This course investigates strategies behind popular computational methods used in data science. In addition, many of the algorithms are implemented using the programming language Python. No prior programming experience is required so the course presents the basics of the Python language as well as how to leverage Python’s libraries to solve real-world problems in data science. Prerequisite: MAC 1105 or equivalent.

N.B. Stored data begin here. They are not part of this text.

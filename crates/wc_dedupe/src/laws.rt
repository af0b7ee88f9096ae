//! Laws of the renaming of a list of imports, each taken as its module and its name.

ghost use Rattle.wc_dedupe.specs.Laws.{NamesDistinct, NamesDetermined, NamesKept, NamesGiveOriginals};

/// After a renaming no two imports share a module and a name.
pub fn names_distinct()
    ensures { NamesDistinct }
{}

/// A list of imports has at most one renaming.
pub fn names_determined()
    ensures { NamesDetermined }
{}

/// A renaming changes no name exactly where no two imports share a module and a name before it.
pub fn names_kept()
    ensures { NamesKept }
{}

/// The list of renames has, for the new name of each renamed import, its original name, and for an import that kept
/// its name nothing.
pub fn names_give_originals()
    ensures { NamesGiveOriginals }
{}
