//! The names of imports without repeats, in ascending order, and the position of each import's name among them.

ghost use Rattle.std.specs.Prelude.{◌≡◌, ◌<◌, IfOk, OnOk, get_or, length};
ghost use Rattle.std.specs.List.Sorted.{IsSorted};
ghost use Rattle.wc_dedupe.specs.Private.NamePositions.{names_of, entries_cmp, AreEntries, Ascend, PushesNew, HavePositions};

use std::alloc::{AllocError, Global};

/// Names without repeats, in ascending order, and the position among them of each name of a list.
#[derive(Drop)]
pub(crate) struct NamePositions<'a> {
    pub(crate) names: Vec<(&'a str, &'a str)>,
    pub(crate) positions: Vec<usize>,
}

/// The names of a list without repeats, in ascending order, and where each is. Names are compared by their modules
/// first.
pub(crate) fn name_positions<'a>(
    alloc: Global,
    names: &[(&'a str, &'a str)],
) -> Result<NamePositions<'a>, AllocError>
    ensures { IfOk result (λ p. Ascend p.names.items
        × HavePositions (names_of names.now) (names_of p.names.items) p.positions.items) }
{
    let entries = sorted_entries(alloc, names)?;
    positions_of(alloc, names, &entries)
}

/// The names with their indices, in ascending order.
fn sorted_entries<'a>(
    alloc: Global,
    names: &[(&'a str, &'a str)],
) -> Result<Vec<(&'a str, &'a str, usize)>, AllocError>
    ensures sorted { IfOk result (λ v. IsSorted entries_cmp v.items) }
    ensures entries { IfOk result (λ v.
        AreEntries (names_of names.now) (length (names_of names.now)) v.items) }
{
    let mut entries = entries_of(alloc, names)?;
    entries.sort()?;
    Ok(entries)
}

/// The names with their indices.
fn entries_of<'a>(
    alloc: Global,
    names: &[(&'a str, &'a str)],
) -> Result<Vec<(&'a str, &'a str, usize)>, AllocError>
    ensures { IfOk result (λ v.
        AreEntries (names_of names.now) (length (names_of names.now)) v.items) }
{
    let mut entries = Vec::with_capacity(alloc, names.len())?;
    for (index, name) in names.iter().enumerate() {
        entries.push((name.0, name.1, index))?;
    }
    Ok(entries)
}

/// The names of entries that are in ascending order without repeats, and where each is.
fn positions_of<'a>(
    alloc: Global,
    names: &[(&'a str, &'a str)],
    entries: &[(&'a str, &'a str, usize)],
) -> Result<NamePositions<'a>, AllocError>
    requires entries { AreEntries (names_of names.now) (length (names_of names.now)) entries.now }
    requires sorted { IsSorted entries_cmp entries.now }
    ensures { IfOk result (λ p. Ascend p.names.items
        × HavePositions (names_of names.now) (names_of p.names.items) p.positions.items) }
{
    let mut distinct = Vec::new(alloc);
    let mut positions = vec![in alloc; 0; entries.len()]?;
    for entry in entries {
        push_new(&mut distinct, (entry.0, entry.1))?;
        positions[entry.2] = distinct.len() - 1;
    }
    Ok(NamePositions {
        names: distinct,
        positions,
    })
}

/// The name at a position.
pub(crate) fn name_in<'a>(names: &[(&'a str, &'a str)], position: usize) -> (&'a str, &'a str)
    requires { position < length names.now }
    ensures { result ≡ get_or names.now position result }
{
    names[position]
}

/// Appends a name, where it is not the last.
pub(crate) fn push_new<'a>(
    names: &mut Vec<(&'a str, &'a str)>,
    name: (&'a str, &'a str),
) -> Result<(), AllocError>
    ensures { OnOk result (PushesNew names.old.items names.new.items name.entry) }
{
    if let Some(last) = names.last() {
        if *last == name {
            return Ok(());
        }
    }
    names.push(name)?;
    Ok(())
}
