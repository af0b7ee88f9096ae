//! Renamed imports, whose names follow one another in one text.

ghost use Rattle.std.specs.Prelude.{◌≡◌, ◌++◌, ◌∷◌, ◌==◌, ◌<◌, [], IfOk, OnOk, length, slice_get, slice_index_or, string_bytes};
ghost use Rattle.std.specs.Option.{option_map};
ghost use Rattle.wc_dedupe.specs.Renames.{rename_view};
ghost use Rattle.wc_dedupe.specs.Renaming.{RenameView};
ghost use Rattle.wc_dedupe.specs.Private.RenameLists.{IsLonger, IsPlaced, rename_in};

use std::alloc::{AllocError, Global};
use std::marker::Model;

/// A renamed import.
#[derive(Clone, Copy, Debug, PartialEq, Eq)]
pub struct Rename<'a> {
    /// The name of its module, which stays the same.
    pub module: &'a str,
    /// Its name before.
    pub original: &'a str,
    /// Its name now.
    pub name: &'a str,
}

/// The offsets at which the texts of a rename begin, one after another: its module, its original name and its new
/// one; and the offset at which they end.
#[derive(Clone, Copy)]
pub(crate) struct Place {
    start: usize,
    original: usize,
    name: usize,
    end: usize,
}

/// Renamed imports, in order. Their names follow one another in one text, so a rename takes no allocation of its own.
#[derive(Drop)]
pub struct RenameList {
    texts: String,
    places: Vec<Place>,
}

impl Model for RenameList {
    ghost use Rattle.std.specs.Prelude.{List, string_bytes};
    ghost use Rattle.wc_dedupe.specs.Renaming.{RenameView};

    ghost Value = { List RenameView };

    ghost use Rattle.wc_dedupe.specs.Private.RenameLists.{HavePlaces, renames_at};

    ghost view = { λ a. renames_at (string_bytes a.texts) a.places.items };

    ghost invariant = { λ a. HavePlaces (string_bytes a.texts) a.places.items };
}

impl RenameList {
    /// No renames.
    pub(crate) fn new(alloc: Global) -> RenameList
        ensures { result ≡ [] }
    {
        RenameList {
            texts: String::new(alloc),
            places: Vec::new(alloc),
        }
    }

    /// How many there are.
    pub fn len(&self) -> usize
        ensures { result ≡ length self.now }
    {
        self.places.len()
    }

    /// Whether the list is empty.
    pub fn is_empty(&self) -> bool
        ensures { result ≡ (length self.now == 0) }
    {
        self.places.is_empty()
    }

    /// The rename at an index.
    pub fn at(&self, index: usize) -> Rename<'_>
        requires { index < length self.now }
        ensures { rename_view result ≡ slice_index_or self.now index (rename_view result) }
    {
        rename_at(&self.texts, self.places[index])
    }

    /// The rename at an index; `None` past the last.
    pub fn get(&self, index: usize) -> Option<Rename<'_>>
        ensures { option_map (λ r. rename_view r) result ≡ slice_get self.now index }
    {
        match self.places.get(index) {
            Some(place) => Some(rename_at(&self.texts, *place)),
            None => None,
        }
    }

    /// Appends a rename.
    pub(crate) fn push(
        &mut self,
        module: &str,
        original: &str,
        name: &str,
    ) -> Result<(), AllocError>
        ensures { OnOk result (self.new ≡ self.old ++ (record {
          module_name = «module».now;
          original = original.now;
          name = name.now;
        }) ∷ []) }
    {
        let place = push_texts(&mut self.texts, module, original, name)?;
        self.places.push(place)?;
        Ok(())
    }
}

/// Appends the texts of a rename, and returns their offsets.
fn push_texts(
    texts: &mut String,
    module: &str,
    original: &str,
    name: &str,
) -> Result<Place, AllocError>
    ensures longer { IsLonger (string_bytes texts.old) (string_bytes texts.new) }
    ensures placed { IfOk result (λ place. IsPlaced (string_bytes texts.new) place
        (record { module_name = «module».now; original = original.now; name = name.now })) }
{
    let start = texts.len();
    texts.push_str(module)?;
    let of_original = texts.len();
    texts.push_str(original)?;
    let of_name = texts.len();
    texts.push_str(name)?;
    Ok(Place {
        start,
        original: of_original,
        name: of_name,
        end: texts.len(),
    })
}

/// The rename at a place.
fn rename_at<'t>(texts: &'t str, place: Place) -> Rename<'t>
    requires { (r : RenameView) × IsPlaced texts.now place r }
    ensures { rename_view result ≡ rename_in texts.now place }
{
    Rename {
        module: &texts[place.start..place.original],
        original: &texts[place.original..place.name],
        name: &texts[place.name..place.end],
    }
}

Spring 2021 Course Overview
This course introduces the student to the programming language Python and uses it to solve real-world problems in data science. Some basic problems in data science are investigated; for example, one such problem is classification of data such as predicting whether a tumor is malignant or benign based upon characteristics of a medical image. Another example is clustering of data to see if the data can be split into groups based on underlying properties which may not be obvious to humans. Some examples of data sets which we use include Game of Thrones battles, data on common breakfast cereals, crime data, medical data sets for diabetes and cancer, botanical data, wine quality data and data from the Titanic (a luxury passenger liner which sank in 1912). The only prerequisite for this course is College Algebra; no prior programming language is required.
"I have been wanting to learn Python for a while now and I also wanted to take a class that would expand my knowledge of data analysis/data science. This class was an ideal fit for both of these desires."
"I like the Python portion a lot. Following along to the many examples done in the videos and then doing similar ones on my own in the practice notebooks is very effective. To me, everything here is good."
"I honestly feel as though you guys did a great job with the format of this class. That means everything from the grades, organization of the assignments, videos, and written notes."
"I feel like the data science portion is done well. The reading can be pretty dense but working through examples in text and videos really helped me grasp all the conceptual material."